Smith noted that medically frail patients have to catch the first flight in the morning out of Kona to Honolulu, where they then get a medical transport to a clinic. She said there is no guarantee that the timing of when they arrive and their appointment will align.

"So it can be hours, " she said. "They have their appointment that lasts 15 minutes. Then they reverse the whole process. They lose a whole day every time they have to do this."

Smith says that for her patients who work, it often doesn't seem worth it and their conditions, therefore, worsen.

Dr. Janet Onopa has worked as a primary-care doctor in Honolulu for 35 years. She told lawmakers that access to care on Oahu is also bad.

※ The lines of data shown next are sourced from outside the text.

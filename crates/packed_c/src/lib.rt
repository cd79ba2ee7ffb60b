// The calls of `packed` for C, in an archive of their own. Each does what its crate's does, by the same contract. They stand here again, since
// only a static library exports: the C interface needs it.
#![tactic(auto)]

ghost use Rattle.std.specs.Prelude.{◌≡◌};
ghost use Rattle.image.specs.Check.{number_of};
ghost use Rattle.merge.specs.Call.{MeetingOutcome};
ghost use Rattle.head.specs.Calls.{Outcome};
ghost use Rattle.head.specs.Heard.{HeardOutcome};
ghost use Rattle.head.specs.Settled.{Settled};
ghost use Rattle.packed.specs.Check.{packed_checked};
ghost use Rattle.packed.specs.Calls.{pack_call, unpack_call, packed_fresh_call, packed_milking_call, packed_heard_call, packed_settled_call, packed_meeting_call};

#[unsafe(no_mangle)]
pub extern "C" fn wilbryn_pack(image: &[u8], packed: &mut [u8]) -> u32
    ensures { ◌≡◌ {A = Outcome} (record { answer = result; image = packed.new }) (pack_call image.now packed.old) }
{
    packed::wilbryn_pack(image, packed)
}

#[unsafe(no_mangle)]
pub extern "C" fn wilbryn_unpack(packed: &[u8], image: &mut [u8]) -> u32
    ensures { ◌≡◌ {A = Outcome} (record { answer = result; image = image.new }) (unpack_call packed.now image.old) }
{
    packed::wilbryn_unpack(packed, image)
}

#[unsafe(no_mangle)]
pub extern "C" fn wilbryn_packed_fresh(packed: &mut [u8], n: u8, stall: u8) -> u32
    ensures { ◌≡◌ {A = Outcome} (record { answer = result; image = packed.new }) (packed_fresh_call packed.old n stall) }
{
    packed::wilbryn_packed_fresh(packed, n, stall)
}

#[unsafe(no_mangle)]
pub extern "C" fn wilbryn_packed_check(packed: &[u8]) -> u32
    ensures { result ≡ number_of (packed_checked packed.now) }
{
    packed::wilbryn_packed_check(packed)
}

#[unsafe(no_mangle)]
pub extern "C" fn wilbryn_packed_milking(packed: &mut [u8], given: u16) -> u32
    ensures { ◌≡◌ {A = Outcome} (record { answer = result; image = packed.new }) (packed_milking_call packed.old given) }
{
    packed::wilbryn_packed_milking(packed, given)
}

#[unsafe(no_mangle)]
pub extern "C" fn wilbryn_packed_heard(packed: &[u8], records: &mut [u8]) -> u32
    ensures { ◌≡◌ {A = HeardOutcome} (record { answer = result; records = records.new }) (packed_heard_call packed.now records.old) }
{
    packed::wilbryn_packed_heard(packed, records)
}

#[unsafe(no_mangle)]
pub extern "C" fn wilbryn_packed_settled(packed: &[u8], counts: &mut [u8]) -> u32
    ensures { ◌≡◌ {A = Settled} (record { answer = result; counts = counts.new }) (packed_settled_call packed.now counts.old) }
{
    packed::wilbryn_packed_settled(packed, counts)
}

#[unsafe(no_mangle)]
pub extern "C" fn wilbryn_packed_meeting(
    first: &mut [u8],
    second: &mut [u8],
    verdicts: &mut [u8],
) -> u32
    ensures { ◌≡◌ {A = MeetingOutcome}
        (record { answer = result; first = first.new; second = second.new; verdicts = verdicts.new })
        (packed_meeting_call first.old second.old verdicts.old) }
{
    packed::wilbryn_packed_meeting(first, second, verdicts)
}
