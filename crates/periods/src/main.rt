//! Prints, as a table, what each period of a capture's replay offered the application, or why the capture is refused.
#![tactic(auto)]

use report::{ENOUGH, Table, report, words};
use std::io;
use std::io::{Read, Write};

fn main(rt: HostRuntime) -> io::Result<()> {
    let mut capture = Vec::new(rt.alloc());
    rt.stdin().take(ENOUGH).read_to_end(&mut capture)?;
    let report = report(rt.alloc(), &capture, Table::Periods)?;
    rt.stdout().write_all(&report.text)?;
    let words = words(rt.alloc(), report.outcome)?;
    eprintln!(rt; "periods: {words}")
}
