// The functions over a list of steps, and over machine code.
ghost use Rattle.std.specs.Prelude.{◌≡◌, ℕ, ⊤, Result};
ghost use Rattle.board.specs.Answers.{Answers, done, listed_words, tailed_words};
ghost use Rattle.calls.specs.Promises.{Runs, Judges, Lists, Tails};
ghost use Rattle.listing.specs.declared.code.Listed.{Listed};
ghost use Rattle.machine.specs.Answer.{number_of, judged_number};
ghost use Rattle.machine.specs.declared.judge.Objection.{Objection};
ghost use Rattle.machine.specs.declared.refusal.Refusal.{Refusal};
ghost use Rattle.received.specs.States.{state_in};
ghost use Rattle.received.specs.Targets.{target_in};
ghost use Rattle.returned.specs.Words.{ran_words, judged_words};

use received::{StateRecord, TargetRecord};

#[unsafe(no_mangle)]
pub extern "C" fn chickadoor_run(
    table: &mut [u64],
    state: StateRecord,
    list: &[u64],
    out: &mut [u64; 2],
) -> u32
    ensures answers { Answers number_of ran_words (λ (a : Result ℕ Refusal). Runs (state_in state) list.now table.old a table.new) result out.new }
    ensures list_kept { list.exit.now ≡ list.entry.now }
{
    board::chickadoor_run(table, state, list, out)
}

#[unsafe(no_mangle)]
pub extern "C" fn chickadoor_judge(
    state: StateRecord,
    target: TargetRecord,
    list: &[u64],
    out: &mut [u64; 15],
) -> u32
    ensures answers { Answers judged_number judged_words (λ (a : Result ⊤ Objection). Judges (state_in state) (target_in target) list.now a) result out.new }
    ensures list_kept { list.exit.now ≡ list.entry.now }
{
    board::chickadoor_judge(state, target, list, out)
}

#[unsafe(no_mangle)]
pub extern "C" fn chickadoor_list(code: &[u8], at: u64, text: &mut [u8], out: &mut [u64; 2]) -> u32
    ensures answers { Answers done listed_words (λ (a : Listed). Lists code.now at text.old a text.new) result out.new }
    ensures code_kept { code.exit.now ≡ code.entry.now }
{
    board::chickadoor_list(code, at, text, out)
}

#[unsafe(no_mangle)]
pub extern "C" fn chickadoor_tail(left: usize, text: &mut [u8], out: &mut [u64; 1]) -> u32
    ensures { Answers done tailed_words (λ (a : ℕ). Tails left text.old a text.new) result out.new }
{
    board::chickadoor_tail(left, text, out)
}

"In talking with my colleagues in private practice, almost all do not accept Medicaid patients, " Smith said in written comments supporting the proposed legislation. "I was initially surprised to discover this, because I taught these docs as residents and I knew they intended to care for underserved and poor populations when they started practice ; many had a passion to serving the needs of folks who were not well off. But a year or two into private practice, they found that they literally could not take Medicaid patients and maintain financial viability in their practice."

Health care providers say that care for Medicaid patients has fallen mainly to the state's community health centers, which are stretched thin.

In Hawaii, practically all Medicaid recipients are covered under a managed-care plan, which are offered by a mix of local nonprofit companies, including AlohaCare, Hawaii Medical Service Association and Kaiser Permanente, and two major for-profit health insurers, UnitedHealthcare and Wellcare. Enrollees are given a choice of which plan they want to sign up for, and the health insurers are given a fixed upfront payment for each member, with some flexibility in how they reimburse providers and at what levels.

The proposed legislation would set the minimum reimbursement rates for a long list of medical services and procedures at Medicare rates, according to Judy Peterson, Medicaid director and administrator for DHS' Med-QUEST division.

"I think it would be really helpful for our health care providers and our Medicaid program and really help improve access, and help our health care providers overall who have been highly stressed with the pandemic, " Peterson said. "It has been very stressful. So I'm hoping that this goes through."